- _Provided data_:
==*==

//! From a recording that was read to its JSON: a line of its files, and then one for each sample or for each stack.
ghost use Rattle.std.specs.Prelude.{◌≡◌, ◌⊎◌, ◌||◌, IfOk, IfErr, OnOk, MatchResult};
ghost use Rattle.std.specs.Io.KnownBytes.{Appends};
ghost use Rattle.serde_json.specs.View.{view};
ghost use Rattle.framehop_folded.specs.Folded.{entries_of};
ghost use Rattle.framehop_perf_stacks.specs.Ended.{is_unwritten};
ghost use Rattle.framehop_perf_stacks.specs.Json.{machine_name, head_data, head_line, counted_line, counted_lines};
ghost use Rattle.framehop_perf_stacks.specs.Printed.{IsWhole, MayEndAt, head_of, IsJsonWith, IsJsonUntilWith};
ghost use Rattle.framehop_perf_stacks.specs.Written.{has_one_failed, AreNoted};
ghost use Rattle.framehop_perf_stacks.specs.declared.error.StacksError.TheVariants.{OutOfMemory, CannotWrite};

use crate::error::StacksError;
use crate::program::{unwind_recording, write_problems};
use crate::recording::{Recording, is_aarch64};
use crate::run::Options;
use crate::sample_json::counted_line;
use crate::sample_source::SampleSource;
use framehop_folded::folded::Folded;
use framehop_frames::json_files::{FilePaths, files_value};
use framehop_output::Output;
use framehop_processes::files::{Files, NamedFile};
use framehop_recording::error::RecordingError;
use serde_json::{Value, json};
use std::alloc::{AllocError, Global};
use std::io::Write;

/// Writes the JSON of a recording that was read, by its files and where they were read: a line of these, and then one for
/// each sample, or for each stack with its count. Writes to `err` what [`crate::program::write_recording_stacks`] does.
/// Returns the refusal of the record with which the recording ends, if one is refused. The samples before that have their
/// stacks.
///
/// # Errors
///
/// `Recording` with the first refusal of a record that is no sample, after the stacks of the samples before it;
/// `OutOfMemory`, `GenerationsExhausted`, `TooManySamples` and `CannotWrite`. A part of the lines may have been written.
pub fn write_json<B: SampleSource, W: Write, E: Write>(
    alloc: Global,
    recording: &Recording<'_>,
    files: &Files<'_>,
    paths: &[FilePaths],
    samples: &B,
    options: Options<'_>,
    out: &mut Output<W>,
    err: &mut Output<E>,
) -> Result<Option<RecordingError>, StacksError>
    ensures made { MatchResult result
        (λ refusal. IsWhole recording.now refusal × IsJsonWith (B.gives samples.now) recording.now files.now paths.now options.entry out.old.bytes out.new.bytes err.old.bytes err.new.bytes)
        (λ error. MayEndAt (has_one_failed out.new err.new) recording.now files.now error × IsJsonUntilWith (B.gives samples.now) error recording.now files.now paths.now options.entry out.old.bytes out.new.bytes err.old.bytes err.new.bytes) }
    ensures noted { AreNoted (is_unwritten result) out.old out.new err.old err.new }
{
    write_problems(alloc, err, files)?;
    write_head(alloc, recording, files, paths, out)?;
    let unwound = unwind_recording(alloc, recording, files, samples, options, out, err)?;
    match unwound.ended {
        Err(StacksError::CannotWrite) => Err(StacksError::CannotWrite),
        ended => {
            write_counted(alloc, &unwound.folded, out)?;
            ended
        }
    }
}

/// Writes the line of a recording's files.
fn write_head<W: Write>(
    alloc: Global,
    recording: &Recording<'_>,
    files: &Files<'_>,
    paths: &[FilePaths],
    out: &mut Output<W>,
) -> Result<(), StacksError>
    ensures written { OnOk result (Appends out.old.bytes out.new.bytes (head_of recording.now files.now paths.now)) }
    ensures refused { IfErr result (λ error. (error ≡ OutOfMemory) ⊎ (error ≡ CannotWrite)) }
    ensures noted { out.new.has_failed ≡ (out.old.has_failed || is_unwritten result) }
{
    let line = head_line(alloc, is_aarch64(&recording.events), paths, files.list())?;
    out.write_all(line.as_slice())?;
    Ok(())
}

/// Returns the line of files.
fn head_line(
    alloc: Global,
    is_aarch64: bool,
    paths: &[FilePaths],
    files: &[NamedFile<'_>],
) -> Result<Vec<u8>, AllocError>
    ensures { IfOk result (λ line. line.items ≡ head_line is_aarch64 paths.now files.now) }
{
    let value = head_value(alloc, is_aarch64, paths, files)?;
    let mut line = value.to_string(alloc)?.into_bytes();
    line.push(b'\n')?;
    Ok(line)
}

/// Returns what is said of a recording before its stacks.
fn head_value(
    alloc: Global,
    is_aarch64: bool,
    paths: &[FilePaths],
    files: &[NamedFile<'_>],
) -> Result<Value, AllocError>
    ensures { IfOk result (λ value. view value ≡ head_data is_aarch64 paths.now files.now) }
{
    let modules = files_value(alloc, paths, files)?;
    json!(in alloc; {
        "kind": "recording",
        "machine": machine_name(is_aarch64),
        "modules": modules
    })
}

/// Returns what the machine of a recording is called.
fn machine_name(is_aarch64: bool) -> &'static str
    ensures { result.now ≡ machine_name is_aarch64 }
{
    if is_aarch64 { "aarch64" } else { "x86_64" }
}

/// Writes the lines of stacks with their counts, in the order of their bytes.
fn write_counted<W: Write>(
    alloc: Global,
    folded: &Folded,
    out: &mut Output<W>,
) -> Result<(), StacksError>
    ensures written { OnOk result (Appends out.old.bytes out.new.bytes (counted_lines (entries_of folded.now))) }
    ensures refused { IfErr result (λ error. (error ≡ OutOfMemory) ⊎ (error ≡ CannotWrite)) }
    ensures noted { out.new.has_failed ≡ (out.old.has_failed || is_unwritten result) }
{
    for (text, count) in folded.iter() {
        write_line(alloc, text.as_slice(), *count, out)?;
    }
    Ok(())
}

/// Writes the line of a stack with its count.
fn write_line<W: Write>(
    alloc: Global,
    text: &[u8],
    count: u64,
    out: &mut Output<W>,
) -> Result<(), StacksError>
    ensures written { OnOk result (Appends out.old.bytes out.new.bytes (counted_line count text.now)) }
    ensures refused { IfErr result (λ error. (error ≡ OutOfMemory) ⊎ (error ≡ CannotWrite)) }
    ensures noted { out.new.has_failed ≡ (out.old.has_failed || is_unwritten result) }
{
    let line = counted_line(alloc, count, text)?;
    out.write_all(line.as_slice())?;
    Ok(())
}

==*==

- _About this task_: For each line above that contains the word "ghost", give the line as it is written.

- _Task solution_:
ghost use Rattle.std.specs.Prelude.{◌≡◌, ◌⊎◌, ◌||◌, IfOk, IfErr, OnOk, MatchResult};
ghost use Rattle.std.specs.Io.KnownBytes.{Appends};
ghost use Rattle.serde_json.specs.View.{view};
ghost use Rattle.framehop_folded.specs.Folded.{entries_of};
ghost use Rattle.framehop_perf_stacks.specs.Ended.{is_unwritten};
ghost use Rattle.framehop_perf_stacks.specs.Json.{machine_name, head_data, head_line, counted_line, counted_lines};
ghost use Rattle.framehop_perf_stacks.specs.Printed.{IsWhole, MayEndAt, head_of, IsJsonWith, IsJsonUntilWith};
ghost use Rattle.framehop_perf_stacks.specs.Written.{has_one_failed, AreNoted};
ghost use Rattle.framehop_perf_stacks.specs.declared.error.StacksError.TheVariants.{OutOfMemory, CannotWrite};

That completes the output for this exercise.